Brief ->
Only certain lines below are wanted: those starting at the line containing "use crate::traffic::Traffic;" and ending at the line containing "peer was served.", both included, each retyped exactly.

(Stored data)
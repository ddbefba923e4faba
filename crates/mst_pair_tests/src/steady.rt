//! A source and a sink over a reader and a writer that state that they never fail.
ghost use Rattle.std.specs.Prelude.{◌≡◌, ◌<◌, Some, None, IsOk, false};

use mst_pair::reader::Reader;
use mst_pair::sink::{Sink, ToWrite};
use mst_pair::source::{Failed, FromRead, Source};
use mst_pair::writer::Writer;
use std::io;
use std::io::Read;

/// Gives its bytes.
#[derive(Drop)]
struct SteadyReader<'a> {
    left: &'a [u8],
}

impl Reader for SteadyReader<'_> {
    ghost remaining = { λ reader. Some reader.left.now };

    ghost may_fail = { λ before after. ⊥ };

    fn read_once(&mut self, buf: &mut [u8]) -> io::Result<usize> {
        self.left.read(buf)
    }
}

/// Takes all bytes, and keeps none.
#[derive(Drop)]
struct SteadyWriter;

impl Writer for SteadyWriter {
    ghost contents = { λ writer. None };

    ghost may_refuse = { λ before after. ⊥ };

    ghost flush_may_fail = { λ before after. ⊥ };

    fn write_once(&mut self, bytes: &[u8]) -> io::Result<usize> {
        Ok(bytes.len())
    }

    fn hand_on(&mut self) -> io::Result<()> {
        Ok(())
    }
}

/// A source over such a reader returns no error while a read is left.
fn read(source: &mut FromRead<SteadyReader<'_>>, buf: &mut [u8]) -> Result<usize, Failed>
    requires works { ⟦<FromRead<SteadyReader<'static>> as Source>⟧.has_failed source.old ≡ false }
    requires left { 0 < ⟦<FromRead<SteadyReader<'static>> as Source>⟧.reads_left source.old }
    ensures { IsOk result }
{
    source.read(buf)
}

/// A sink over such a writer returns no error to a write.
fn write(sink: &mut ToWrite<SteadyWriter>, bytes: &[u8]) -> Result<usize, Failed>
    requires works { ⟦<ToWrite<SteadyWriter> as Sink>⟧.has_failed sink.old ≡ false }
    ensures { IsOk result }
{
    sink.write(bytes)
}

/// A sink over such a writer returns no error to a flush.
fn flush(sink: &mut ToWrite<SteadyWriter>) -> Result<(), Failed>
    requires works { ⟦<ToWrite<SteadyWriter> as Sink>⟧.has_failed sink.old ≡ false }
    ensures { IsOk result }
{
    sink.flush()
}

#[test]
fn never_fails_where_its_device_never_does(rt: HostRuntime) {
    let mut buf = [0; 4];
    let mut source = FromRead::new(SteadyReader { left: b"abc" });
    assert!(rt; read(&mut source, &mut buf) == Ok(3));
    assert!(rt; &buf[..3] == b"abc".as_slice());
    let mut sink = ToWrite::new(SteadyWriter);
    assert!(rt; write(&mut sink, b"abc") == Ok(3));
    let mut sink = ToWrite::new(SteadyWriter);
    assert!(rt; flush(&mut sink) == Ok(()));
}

==

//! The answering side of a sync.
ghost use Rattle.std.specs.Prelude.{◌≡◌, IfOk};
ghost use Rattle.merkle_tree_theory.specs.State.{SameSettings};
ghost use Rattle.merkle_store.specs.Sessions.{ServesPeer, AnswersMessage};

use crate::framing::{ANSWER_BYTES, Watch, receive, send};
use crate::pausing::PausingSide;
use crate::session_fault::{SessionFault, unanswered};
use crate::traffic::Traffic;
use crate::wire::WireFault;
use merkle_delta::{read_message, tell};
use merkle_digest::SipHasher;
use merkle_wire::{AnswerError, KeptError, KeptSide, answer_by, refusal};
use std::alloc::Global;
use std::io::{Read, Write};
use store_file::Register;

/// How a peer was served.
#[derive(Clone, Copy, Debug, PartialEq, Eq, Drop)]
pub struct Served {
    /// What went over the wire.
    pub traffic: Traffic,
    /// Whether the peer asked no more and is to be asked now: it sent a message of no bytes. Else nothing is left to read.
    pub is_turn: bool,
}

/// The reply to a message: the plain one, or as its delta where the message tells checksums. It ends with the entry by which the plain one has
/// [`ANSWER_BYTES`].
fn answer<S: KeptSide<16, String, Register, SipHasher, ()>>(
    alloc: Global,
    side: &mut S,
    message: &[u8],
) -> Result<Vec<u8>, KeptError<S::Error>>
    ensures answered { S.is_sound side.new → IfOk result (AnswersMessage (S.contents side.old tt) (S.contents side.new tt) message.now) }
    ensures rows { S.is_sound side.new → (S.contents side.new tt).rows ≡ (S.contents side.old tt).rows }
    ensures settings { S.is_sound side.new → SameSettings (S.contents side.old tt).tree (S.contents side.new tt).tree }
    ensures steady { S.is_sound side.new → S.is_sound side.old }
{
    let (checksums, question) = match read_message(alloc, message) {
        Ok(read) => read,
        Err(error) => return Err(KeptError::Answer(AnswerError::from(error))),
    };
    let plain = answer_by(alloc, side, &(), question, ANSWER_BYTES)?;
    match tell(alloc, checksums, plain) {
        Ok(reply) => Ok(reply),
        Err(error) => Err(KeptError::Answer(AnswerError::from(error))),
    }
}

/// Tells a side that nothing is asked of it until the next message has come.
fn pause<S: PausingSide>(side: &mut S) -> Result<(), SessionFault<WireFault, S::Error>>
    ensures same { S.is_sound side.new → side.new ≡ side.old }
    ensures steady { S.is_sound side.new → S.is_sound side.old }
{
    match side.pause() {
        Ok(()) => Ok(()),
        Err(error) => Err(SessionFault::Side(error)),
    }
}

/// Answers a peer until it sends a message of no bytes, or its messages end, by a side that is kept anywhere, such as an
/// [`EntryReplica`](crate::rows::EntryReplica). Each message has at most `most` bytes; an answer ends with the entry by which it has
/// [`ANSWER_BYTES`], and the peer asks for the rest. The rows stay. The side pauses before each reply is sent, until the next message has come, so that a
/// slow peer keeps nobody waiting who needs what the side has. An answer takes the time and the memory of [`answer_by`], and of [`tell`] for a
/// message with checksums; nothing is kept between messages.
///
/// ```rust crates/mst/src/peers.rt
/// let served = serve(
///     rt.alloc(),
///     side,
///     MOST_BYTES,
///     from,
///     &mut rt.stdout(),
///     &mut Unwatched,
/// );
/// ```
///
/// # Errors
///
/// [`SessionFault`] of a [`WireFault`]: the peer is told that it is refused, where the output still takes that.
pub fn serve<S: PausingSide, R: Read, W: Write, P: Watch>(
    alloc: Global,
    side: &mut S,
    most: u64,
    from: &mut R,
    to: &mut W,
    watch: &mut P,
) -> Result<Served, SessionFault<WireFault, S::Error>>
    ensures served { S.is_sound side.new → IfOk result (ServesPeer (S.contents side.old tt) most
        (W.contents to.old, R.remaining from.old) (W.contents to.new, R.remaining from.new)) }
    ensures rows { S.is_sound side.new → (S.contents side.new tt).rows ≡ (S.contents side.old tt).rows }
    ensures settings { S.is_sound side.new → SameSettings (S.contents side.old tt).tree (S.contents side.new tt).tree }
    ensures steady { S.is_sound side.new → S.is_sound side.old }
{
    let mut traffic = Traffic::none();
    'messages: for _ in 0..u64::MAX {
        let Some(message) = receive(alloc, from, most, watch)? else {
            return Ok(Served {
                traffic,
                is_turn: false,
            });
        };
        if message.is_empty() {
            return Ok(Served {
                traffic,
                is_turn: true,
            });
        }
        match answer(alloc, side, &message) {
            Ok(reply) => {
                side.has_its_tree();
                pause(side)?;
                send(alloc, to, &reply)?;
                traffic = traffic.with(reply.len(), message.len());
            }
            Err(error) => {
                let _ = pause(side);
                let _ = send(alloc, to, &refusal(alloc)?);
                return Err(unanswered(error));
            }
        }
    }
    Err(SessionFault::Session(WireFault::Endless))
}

Task solution ->
use crate::traffic::Traffic;
use crate::wire::WireFault;
use merkle_delta::{read_message, tell};
use merkle_digest::SipHasher;
use merkle_wire::{AnswerError, KeptError, KeptSide, answer_by, refusal};
use std::alloc::Global;
use std::io::{Read, Write};
use store_file::Register;

/// How a peer was served.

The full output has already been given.